On the deposit side, we’ve got a portion of our deposit base that is more sensitive to the Fed funds rate. And so we expect our betas to maybe be a little bit higher than the rest of – other financial institutions, but that’s something that we are actively managing. Right now, we’re having a lot of discussions and a lot of conversations, and trying to manage that sensitivity with the upcoming expected rate increases.
Yeah. Understood. Understood. Makes sense. Okay. Let’s see on capital, I mean, your kind of tangible book value and get capital ratios were impacted like every other bank this quarter due to the AOCI impairment. I guess, kind of, in my point of view, it’s mostly accounting noise and regulatory ratios remain strong overall. But just wondering if that kind of temporary impairment changes the way you think about balance sheet growth or capital return in the near-term?
Not significantly like you said, it’s not – wasn’t unexpected. I mean, I think we knew going into increasing rate environment that that we would have declines in the value of the investment portfolio. And, we were not an outlier in the industry. And so it’s – like you said, it’s kind of accounting noise.
Yeah. Yeah. Of course. Okay. And then, you folks continue to add bankers in your markets, which certainly showed up in loan growth over the past couple of years. Just curious, do you see any opportunities to do so, and then maybe tie that opportunity into expectations for expenses for the next couple of quarters?
I would say that we’re always looking for good bankers. We don’t have any planned new hires. So I would say, no, to your question. If somebody shows up and, says, throw me a rope, we might throw him a rope, we might not.
Hi. I would add to that. We are always recruiting. And, if we do hire someone, it would be a seasoned revenue producer, so maybe expense effect would be very short-term.

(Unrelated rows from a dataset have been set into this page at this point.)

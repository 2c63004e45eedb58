ghost use Rattle.std.specs.Prelude.{◌≡◌, Ok, Err};
ghost use Rattle.terms.specs.declared.refusal.Refusal.TheVariants.{GaugeFault};
ghost use Rattle.layers.specs.Layers.{flip_meaning, higher_meaning};

use crate::coarse::Coarse;
use crate::flip::Flip;
use crate::higher::Higher;
use crate::step::Step;
use crate::sum::Sum;
use gauges::gauge::Gauge;
use gauges::table::Table;
use gauges::tent::Tent;
use std::test::Fail;
use terms::fault::{Cause, Fault, LAYER};
use terms::limits::UNREAD;
use terms::refusal::Refusal;

// Code over any gauge: a fault rises to the refusal 16.
fn touched<G: Gauge>(gauge: &G, position: u32) -> Result<i32, Refusal>
    ensures { elim ((G.Gauge.meaning gauge.now).reading position) [ Ok h ↦ result ≡ Ok h | Err f ↦ result ≡ Err (GaugeFault f) ] }
{
    Ok(gauge.read(position)?)
}

// Code over a stack of any two gauges, proved once against the trait.
fn flipped_higher<A: Gauge + Drop, B: Gauge + Drop>(
    first: A,
    second: B,
    position: u32,
) -> Result<i32, Fault>
    ensures { result ≡ (flip_meaning (higher_meaning (A.Gauge.meaning first) (B.Gauge.meaning second))).reading position }
{
    let stack = Flip::over(Higher::of(first, second));
    stack.read(position)
}

// A fault of the gauge of that name that came up through so many layers.
fn risen(cause: Cause, position: u32, gauge: u8, layers: u8) -> Fault {
    Fault {
        cause,
        position,
        gauge,
        layers,
    }
}

#[test]
fn flip_over_higher_of_table_and_tent(rt: HostRuntime) -> Result<(), Fail> {
    let heights = [0, 5, UNREAD, -15];
    Table::check(&heights, 5, 10, 2)?;
    let stack = Flip::over(Higher::of(Table::new(&heights, 5, 10, 2), Tent::new(10, 9, 1, 0, 7)?));
    assert_eq!(rt; stack.last(), 3);
    assert_eq!(rt; stack.slope(), 9);
    assert_eq!(rt; stack.slack(), 10);
    assert_eq!(rt; touched(&stack, 1), Ok(-5));
    assert_eq!(rt; touched(&stack, 3), Ok(15));
    let hole = touched(&stack, 2);
    assert_eq!(rt;
        hole,
        Err(Refusal::GaugeFault(risen(Cause::Unread, 2, 2, 2)))
    );
    assert_eq!(rt; stack.read(4), Err(risen(Cause::Beyond, 4, LAYER, 1)));
    Ok(())
}

#[test]
fn lasts_differ(rt: HostRuntime) -> Result<(), Fail> {
    let low = Tent::new(10, 5, 3, 10, 7)?;
    let long = Tent::new(20, 1, 0, 0, 8)?;
    assert_eq!(rt;
        Flip::over(low).read(11),
        Err(risen(Cause::Beyond, 11, 7, 1))
    );
    assert_eq!(rt;
        Coarse::over(low, Step::new(10)?).read(11),
        Err(risen(Cause::Beyond, 11, 7, 1))
    );
    assert_eq!(rt;
        Higher::of(long, low).read(11),
        Err(Fault::beyond(11, LAYER))
    );
    assert_eq!(rt; Sum::of(low, long).read(11), Err(Fault::beyond(11, LAYER)));
    assert_eq!(rt; Higher::of(long, Sum::of(low, long)).last(), 10);
    Ok(())
}

#[test]
fn fault_of_the_first_ends_the_reading(rt: HostRuntime) -> Result<(), Fail> {
    let heights = [0, UNREAD];
    Table::check(&heights, 1, 0, 2)?;
    Table::check(&heights, 1, 0, 3)?;
    let two = Table::new(&heights, 1, 0, 2);
    let three = Table::new(&heights, 1, 0, 3);
    assert_eq!(rt;
        Sum::of(two, three).read(1),
        Err(risen(Cause::Unread, 1, 2, 1))
    );
    assert_eq!(rt;
        Higher::of(three, two).read(1),
        Err(risen(Cause::Unread, 1, 3, 1))
    );
    Ok(())
}

#[test]
fn coarse_rounds_down(rt: HostRuntime) -> Result<(), Fail> {
    let heights = [-1, 19, -20_000];
    Table::check(&heights, 40_000, 39_995, 1)?;
    let table = Table::new(&heights, 40_000, 39_995, 1);
    let tens = Coarse::over(table, Step::new(10)?);
    assert_eq!(rt; tens.read(0), Ok(-10));
    assert_eq!(rt; tens.read(1), Ok(10));
    assert_eq!(rt; tens.slack(), 40_000);
    assert_eq!(rt; Coarse::over(table, Step::new(7)?).read(2), Ok(-20_000));
    assert_eq!(rt; Step::new(0).err(), Some(Refusal::StepOutOfRange));
    assert_eq!(rt; Step::new(1_001).err(), Some(Refusal::StepOutOfRange));
    Ok(())
}

#[test]
fn sum_stays_in_range(rt: HostRuntime) -> Result<(), Fail> {
    let sum = Sum::of(
        Tent::new(5, 30_000, 0, 15_000, 1)?,
        Tent::new(5, 20_000, 0, 9_000, 2)?,
    );
    assert_eq!(rt; sum.read(0), Ok(20_000));
    assert_eq!(rt; sum.read(1), Ok(-20_000));
    assert_eq!(rt; sum.slope(), 40_000);
    assert_eq!(rt; flipped_higher(sum, Tent::new(5, 1, 5, -10, 3)?, 4), Ok(11));
    Ok(())
}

Got it. Okay, good. Maybe turn into credit quality briefly. I mean, as you folks know, it’s just remarkably strong today. But just kind of curious conceptually, if the Fed does over tighten and gets us into a hard landing scenario, any thoughts on kind of what part of the portfolio you might be a little more concerned about is that that did come to pass?

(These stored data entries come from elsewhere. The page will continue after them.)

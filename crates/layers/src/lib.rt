// Layers: gauges made of other gauges, which they hold by value.
#![tactic(auto)]

pub mod coarse;
pub mod flip;
pub mod higher;
mod pair;
pub mod step;
pub mod sum;
#[cfg(test)]
mod tests;
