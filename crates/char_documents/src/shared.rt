//! What stands behind an `Arc` passes between threads: this is where a type that cannot is refused.
use crate::Doc;

/// Asks that a value may pass between threads and be seen from several at once.
fn is_shared<T: Send + Sync>(_value: &T) {}

/// Documents are shared.
fn are_shared(doc: &Doc) {
    is_shared(doc);
}
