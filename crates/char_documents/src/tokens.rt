//! The tokens of a text.
ghost use Rattle.std.specs.Prelude.{◌≡◌, ◌≤◌, ◌^◌, ◌<◌, ◌++◌, length, chars, IfOk, OnOk};
ghost use Rattle.char_documents.specs.Tokens.{tokens_of};
ghost use Rattle.char_documents.specs.TokenRuns.{closed};

use mark_base::{Frag, Memory};
use std::alloc::Global;

/// Adds the token of the run that ends at this place, where one is open.
fn close(tokens: &mut Vec<Frag>, run: Option<u32>, place: u32) -> Result<(), Memory>
    ensures { OnOk result (tokens.new.items ≡ tokens.old.items ++ closed run place) }
{
    if let Some(start) = run {
        tokens.push(Frag { start, end: place })?;
    }
    Ok(())
}

/// The tokens of a text, in order. Cost: its length.
pub fn tokens(alloc: Global, text: &str) -> Result<Vec<Frag>, Memory>
    requires { length (chars text.now) < 2 ^ 32 }
    ensures { IfOk result (λ tokens. tokens.items ≡ tokens_of (chars text.now)) }
{
    let mut tokens = Vec::new(alloc);
    let mut run = None;
    let mut place = 0u32;
    for c in text.chars() {
        if c.is_whitespace() {
            close(&mut tokens, run, place)?;
            run = None;
        } else {
            run = Some(run.unwrap_or(place));
        }
        place += 1;
    }
    close(&mut tokens, run, place)?;
    Ok(tokens)
}
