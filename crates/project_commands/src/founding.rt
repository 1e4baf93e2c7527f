//! The commands `found` and `found-at`: a project is founded in a file.
ghost use Rattle.std.specs.Prelude.{◌≡◌, ◌≢◌, ◌≤◌, IfErr, IfOk, IsErrOf, MatchResult};
ghost use Rattle.mark_base.specs.Streams.{TellsFault};
ghost use Rattle.named_disks.specs.NamedDisks.{IsIn, KeepsOthers, reads_as};
ghost use Rattle.project_machine.specs.People.{annotator_count, curator_count};
ghost use Rattle.program_inputs.specs.ProjectFiles.ProjectFiles.{IsFileOf, NotMade};
ghost use Rattle.project_book.specs.Founding.{founded};
ghost use Rattle.project_commands.specs.Founding.{Founds, NotFounded, people_line};

use conf_model::Conf;
use entry_bytes::Person;
use mark_base::{Bytes, Memory};
use named_disks::Disks;
use program_inputs::{
    Folder, Trouble, found_project, give_project_back, read_conf_file, read_roster_file,
};
use project_book::Roster;
use std::alloc::Global;

/// How many of some people are annotators.
fn annotator_count(people: &[Person]) -> usize
    ensures { result ≡ annotator_count people.now }
{
    people.iter().filter(|person| !person.curator).count()
}

/// How many of some people are curators.
fn curator_count(people: &[Person]) -> usize
    ensures { result ≡ curator_count people.now }
{
    people.iter().filter(|person| person.curator).count()
}

/// The line that counts the people of a roster.
fn people_line(alloc: Global, roster: &Roster) -> Result<Bytes, Memory>
    ensures { IfOk result (λ bytes. bytes ≡ people_line roster.now) }
{
    let annotators = annotator_count(roster.people());
    let curators = curator_count(roster.people());
    let line = format!(in alloc; "annotators {annotators} curators {curators}\n")?;
    Ok(Bytes::from_vec(line.into_bytes()))
}

/// Founds a project in the file of a name, and gives the file back.
fn found_there<D: Disks>(
    alloc: Global,
    disks: &mut D,
    book: &str,
    conf: Conf,
    roster: Roster,
    level: u8,
) -> Result<(), Trouble>
    requires { IsIn (D.out disks.old) book.now }
    ensures founded { IfOk result (λ _. IsFileOf (reads_as (D.stored disks.new) book.now) (founded conf level roster)) }
    ensures refused { IfErr result (NotMade (reads_as (D.stored disks.old) book.now) conf level roster) }
    ensures taken_back { IsIn (D.out disks.new) book.now }
    ensures others { KeepsOthers book.now (D.stored disks.old) (D.out disks.old) (D.stored disks.new) (D.out disks.new) }
    ensures stays { D.faultless disks.old → D.faultless disks.new }
    ensures never { D.faultless disks.old → IsErrOf result Trouble.DiskFailed → ⊥ }
    ensures free { D.faultless disks.old → IsErrOf result Trouble.DiskInUse → ⊥ }
{
    let project = found_project(alloc, disks, book, conf, roster, level)?;
    give_project_back(disks, book, project);
    Ok(())
}

/// `found BOOK CONF ROSTER`, and `found-at BOOK CONF ROSTER LEVEL` with a level other than 255: reads a configuration and
/// a roster, founds a project of them in the file of a name, and gives the line that counts its people.
///
/// Each file is judged before the next is read, and the project's comes last: it has to be absent or empty, else
/// `AlreadyThere`. Where a file is at fault the project's is as it was, but for `DiskFailed`, and for `BookTooLong`, where
/// it is a journal without entries. Cost: the files.
pub fn found_in_file<F: Folder, D: Disks>(
    alloc: Global,
    book: &str,
    conf: &str,
    roster: &str,
    level: u8,
    folder: &mut F,
    disks: &mut D,
) -> Result<Bytes, Trouble>
    requires { IsIn (D.out disks.old) book.now }
    ensures told { MatchResult result (Founds (F.file folder.old conf.now) (F.file folder.old roster.now) level (reads_as (D.stored disks.new) book.now)) (NotFounded (F.file folder.old conf.now) (F.file folder.old roster.now) level (reads_as (D.stored disks.old) book.now) (F.folder_faults folder.old) (F.folder_faults folder.new)) }
    ensures taken_back { IsIn (D.out disks.new) book.now }
    ensures others { KeepsOthers book.now (D.stored disks.old) (D.out disks.old) (D.stored disks.new) (D.out disks.new) }
    ensures stays { D.faultless disks.old → D.faultless disks.new }
    ensures never { D.faultless disks.old → IsErrOf result Trouble.DiskFailed → ⊥ }
    ensures free { D.faultless disks.old → IsErrOf result Trouble.DiskInUse → ⊥ }
    ensures later { F.folder_faults folder.old ≤ F.folder_faults folder.new }
    ensures cause { TellsFault (IsErrOf result Trouble.FileFailed) (F.folder_faults folder.old) (F.folder_faults folder.new) }
    ensures no_read { IfErr result (λ trouble. trouble ≢ Trouble.ReadFault) }
    ensures no_write { IfErr result (λ trouble. trouble ≢ Trouble.WriteFault) }
{
    let conf = read_conf_file(alloc, folder, conf)?;
    let roster = match read_roster_file(alloc, folder, roster) {
        Ok(roster) => roster,
        Err(why) => return Err(why),
    };
    let line = people_line(alloc, &roster)?;
    match found_there(alloc, disks, book, conf, roster, level) {
        Ok(()) => Ok(line),
        Err(why) => Err(why),
    }
}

Frankly, right now, we’re very diversified. Again, we’re not into, we don’t have niche lending categories. We are – in situations where even if we are into a recession, our current customer mix has strong balance sheets and very liquid, right now. And generally, liquidity helps you get through more difficult times. We do not have an abundance of credit that’s in areas that I would say our real subject to downturn right now. So I feel very good that our credit portfolio will continue to be very good, even with some increasing rates and possible downturn in the economy.
Perfect. Perfect. Okay. Last question for me, and then I’ll step back. The tax rate looks a little bit lower this quarter then we’re having running, I guess, roughly 19% on a GAAP basis versus the 21% or so, that it had been for the past couple quarters. Just kind of curious if this lower level is an expected run rate or if it will kind of bounce back to where it had been.

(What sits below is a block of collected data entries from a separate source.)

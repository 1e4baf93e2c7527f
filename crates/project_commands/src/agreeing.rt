//! The command `agree`: both tables of agreement of the project of a file.
ghost use Rattle.std.specs.Prelude.{◌≡◌, ◌≢◌, ◌++◌, None, IfErr, IfOk, IsErrOf, MatchResult, OnOk, codes};
ghost use Rattle.named_disks.specs.NamedDisks.{IsIn, KeepsAll, reads_as};
ghost use Rattle.project_book.specs.Keeping.{TellsKeeper};
ghost use Rattle.project_machine.specs.Requests.{ReadAlpha, ReadPairs};
ghost use Rattle.project_commands.specs.Commands.Requests.{RefusesTo};
ghost use Rattle.project_commands.specs.Showing.{Agrees, NoAgreement, NotAgreed, ShowsAgreement, ShowsAlpha, ShowsPairs, curator_in};

use crate::commands::ask_granted;
use crate::showing::curator_in;
use agreement_report::{alpha_csv, pairs_csv};
use mark_base::{Bytes, Memory, Slug, Steps};
use named_disks::Disks;
use program_inputs::{Trouble, look_at_project};
use project_book::{Book, Reply, Request};
use project_journal::Keeper;
use std::alloc::Global;
use std::sync::ledger::Ledger;

/// The table of each two annotators, as a caller reads it.
fn pairs_here<K: Keeper, G: Ledger>(
    alloc: Global,
    project: &mut Book<K>,
    caller: &Slug,
    steps: &mut Steps<G>,
) -> Result<Bytes, Trouble>
    ensures shown { IfOk result (λ bytes. ShowsPairs project.old.log caller.now bytes project.new.log) }
    ensures refused { IfErr result (RefusesTo project.old.log caller.now ReadPairs) }
    ensures keeper { TellsKeeper K.faults K.faultless project.old.keeper project.new.keeper (IsErrOf result Trouble.DiskFailed) }
    ensures certain { K.doubt project.old.keeper ≡ None → OnOk result (K.doubt project.new.keeper ≡ None) }
    ensures no_file { IfErr result (λ trouble. trouble ≢ Trouble.FileFailed) }
    ensures no_read { IfErr result (λ trouble. trouble ≢ Trouble.ReadFault) }
    ensures no_write { IfErr result (λ trouble. trouble ≢ Trouble.WriteFault) }
    ensures no_use { IfErr result (λ trouble. trouble ≢ Trouble.DiskInUse) }
{
    match ask_granted(project, caller, Request::Pairs, steps)? {
        Reply::Pairs(names, lines) => {
            let table = pairs_csv(alloc, names.items(), lines.items())?;
            Ok(table)
        }
        _ => unreachable!(),
    }
}

/// The table of all annotators, as a caller reads it.
fn alpha_here<K: Keeper, G: Ledger>(
    alloc: Global,
    project: &mut Book<K>,
    caller: &Slug,
    steps: &mut Steps<G>,
) -> Result<Bytes, Trouble>
    ensures shown { IfOk result (λ bytes. ShowsAlpha project.old.log caller.now bytes project.new.log) }
    ensures refused { IfErr result (RefusesTo project.old.log caller.now ReadAlpha) }
    ensures keeper { TellsKeeper K.faults K.faultless project.old.keeper project.new.keeper (IsErrOf result Trouble.DiskFailed) }
    ensures certain { K.doubt project.old.keeper ≡ None → OnOk result (K.doubt project.new.keeper ≡ None) }
    ensures no_file { IfErr result (λ trouble. trouble ≢ Trouble.FileFailed) }
    ensures no_read { IfErr result (λ trouble. trouble ≢ Trouble.ReadFault) }
    ensures no_write { IfErr result (λ trouble. trouble ≢ Trouble.WriteFault) }
    ensures no_use { IfErr result (λ trouble. trouble ≢ Trouble.DiskInUse) }
{
    match ask_granted(project, caller, Request::Alpha, steps)? {
        Reply::Alpha(line) => {
            let table = alpha_csv(alloc, &line)?;
            Ok(table)
        }
        _ => unreachable!(),
    }
}

/// Two tables with an empty line between.
fn join_tables(alloc: Global, first: &Bytes, second: &Bytes) -> Result<Bytes, Memory>
    ensures { IfOk result (λ bytes. bytes ≡ first.now ++ (codes "\n" ++ second.now)) }
{
    let mut bytes = Vec::new(alloc);
    bytes.extend_from_slice(first.items())?;
    bytes.extend_from_slice(b"\n")?;
    bytes.extend_from_slice(second.items())?;
    Ok(Bytes::from_vec(bytes))
}

/// Both tables of agreement of a project, as its first curator reads them.
fn agreement_here<K: Keeper, G: Ledger>(
    alloc: Global,
    project: &mut Book<K>,
    steps: &mut Steps<G>,
) -> Result<Bytes, Trouble>
    ensures shown { IfOk result (λ bytes. ShowsAgreement project.old.log bytes project.new.log) }
    ensures refused { IfErr result (NoAgreement project.old.log) }
    ensures keeper { TellsKeeper K.faults K.faultless project.old.keeper project.new.keeper (IsErrOf result Trouble.DiskFailed) }
    ensures certain { K.doubt project.old.keeper ≡ None → OnOk result (K.doubt project.new.keeper ≡ None) }
    ensures no_file { IfErr result (λ trouble. trouble ≢ Trouble.FileFailed) }
    ensures no_read { IfErr result (λ trouble. trouble ≢ Trouble.ReadFault) }
    ensures no_write { IfErr result (λ trouble. trouble ≢ Trouble.WriteFault) }
    ensures no_use { IfErr result (λ trouble. trouble ≢ Trouble.DiskInUse) }
{
    let caller = curator_in(project)?;
    let pairs = match pairs_here(alloc, project, &caller, steps) {
        Ok(pairs) => pairs,
        Err(why) => return Err(why),
    };
    let alpha = match alpha_here(alloc, project, &caller, steps) {
        Ok(alpha) => alpha,
        Err(why) => return Err(why),
    };
    let tables = join_tables(alloc, &pairs, &alpha)?;
    Ok(tables)
}

/// `agree BOOK`: reads the project of a file as it stands, and gives both tables of agreement with an empty line between, as the first
/// curator by name reads them. Cost: reading the project, and the tables.
pub fn show_agreement<D: Disks, G: Ledger>(
    alloc: Global,
    book: &str,
    disks: &mut D,
    steps: &mut Steps<G>,
) -> Result<Bytes, Trouble>
    requires { IsIn (D.out disks.old) book.now }
    ensures told { MatchResult result (Agrees (reads_as (D.stored disks.old) book.now)) (NotAgreed (reads_as (D.stored disks.old) book.now)) }
    ensures kept { KeepsAll (D.stored disks.old) (D.out disks.old) (D.stored disks.new) (D.out disks.new) }
    ensures stays { D.faultless disks.old → D.faultless disks.new }
    ensures never { D.faultless disks.old → IsErrOf result Trouble.DiskFailed → ⊥ }
    ensures free { D.faultless disks.old → IsErrOf result Trouble.DiskInUse → ⊥ }
    ensures no_file { IfErr result (λ trouble. trouble ≢ Trouble.FileFailed) }
    ensures no_read { IfErr result (λ trouble. trouble ≢ Trouble.ReadFault) }
    ensures no_write { IfErr result (λ trouble. trouble ≢ Trouble.WriteFault) }
{
    let mut project = look_at_project(alloc, disks, book)?;
    match agreement_here(alloc, &mut project, steps) {
        Ok(tables) => Ok(tables),
        Err(why) => Err(why),
    }
}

It will bounce back that benefit this quarter related to the vesting of RSUs in the tax benefits, from the tax benefit versus book benefit that had been recorded. So that usually happens in the first quarter when our RSUs best and this year we just had a bigger difference there.
Got it. Got it. Okay. Fantastic. Well, thank you so much for taking the questions.
Thank you, Mr. Nosal. [Operator Instructions] There are no additional questions waiting at this time. I will now turn the conference over to the management team for any concluding remarks.
Thank you, everyone, for joining us today. That’s the end of our remarks and we’ll end the call here. Thank you.
That concludes the West Bancorporation, Inc., earnings call. Thank you for your participation. You may now disconnect your line.